**Exercise instructions**
Report how many lines of the following entries include the string "shares"; respond with the number alone.

**Data in this exercise**
+===+

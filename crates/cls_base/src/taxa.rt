//! What the layers above ask of a taxonomy of constructor names.
ghost use Rattle.std.specs.Prelude.{◌≡◌, ◌==◌, ℕ, Bool, IsTrue};
ghost use Rattle.cls_base.specs.Taxonomies as taxonomies;
ghost use Rattle.cls_base.specs.Taxa.{variance_of};

use crate::ty::Name;

/// How a constructor carries subtyping from its argument to itself.
#[derive(Clone, Copy, Debug, PartialEq, Eq)]
pub enum Variance {
    /// In the same direction.
    Co,
    /// In the opposite direction.
    Contra,
    /// Only where the arguments are below each other.
    Inv,
}

/// A partial order of names that keeps their variance.
pub trait Taxa {
    // whether the first name is below the second
    ghost is_below: { Self → ℕ → ℕ → Bool };

    // the variance of a name
    ghost variance_of_name: { Self → ℕ → taxonomies.Variance };

    // a number that a name shares with those below it
    ghost class: { Self → ℕ → ℕ };

    /// Whether the first name is below the second.
    fn below(&self, lower: Name, upper: Name) -> bool
        ensures is { result ≡ is_below self.now lower.0 upper.0 };

    /// The variance of a name.
    fn variance(&self, name: Name) -> Variance
        ensures is { variance_of result ≡ variance_of_name self.now name.0 };

    /// A number that a name shares with those below it. Two names with different numbers are not below each other.
    fn class(&self, name: Name) -> u64
        ensures is { result ≡ class self.now name.0 };

    /// Whether no other name is below the name. It may be no where that is not known.
    fn stands_alone(&self, name: Name) -> bool
        ensures alone { IsTrue result → (a : ℕ) → IsTrue (is_below self.now a name.0) → a ≡ name.0 };

    ghost reflexive: { (t : Self) (a : ℕ) → IsTrue (is_below t a a) };

    ghost transitive: { (t : Self) (a b c : ℕ)
        → IsTrue (is_below t a b) → IsTrue (is_below t b c) → IsTrue (is_below t a c) };

    ghost antisymmetric: { (t : Self) (a b : ℕ) → IsTrue (is_below t a b) → IsTrue (is_below t b a) → a ≡ b };

    ghost one_variance: { (t : Self) (a b : ℕ)
        → IsTrue (is_below t a b) → variance_of_name t a ≡ variance_of_name t b };

    ghost one_class: { (t : Self) (a b : ℕ) → IsTrue (is_below t a b) → class t a ≡ class t b };
}

/// The names without any declared pair, all covariant.
#[derive(Clone, Copy, Debug, PartialEq, Eq)]
pub struct Flat;

impl Taxa for Flat {
    ghost use Rattle.cls_base.specs.Taxa.{flat_reflexive, flat_transitive, flat_antisymmetric, flat_one_variance, flat_one_class};

    ghost is_below = { λ t a b. a == b };

    ghost variance_of_name = { λ t a. taxonomies.covariant };

    ghost class = { λ t a. a };

    fn below(&self, lower: Name, upper: Name) -> bool {
        lower.0 == upper.0
    }

    fn class(&self, name: Name) -> u64 {
        u64::from(name.0)
    }

    fn variance(&self, _name: Name) -> Variance {
        Variance::Co
    }

    fn stands_alone(&self, _name: Name) -> bool {
        true
    }

    ghost reflexive = { λ t a. flat_reflexive a };

    ghost transitive = { λ t a b c. flat_transitive a b c };

    ghost antisymmetric = { λ t a b. flat_antisymmetric a b };

    ghost one_variance = { λ t a b l. flat_one_variance };

    ghost one_class = { λ t a b l. flat_one_class a b l };
}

+===+

**Response area**
2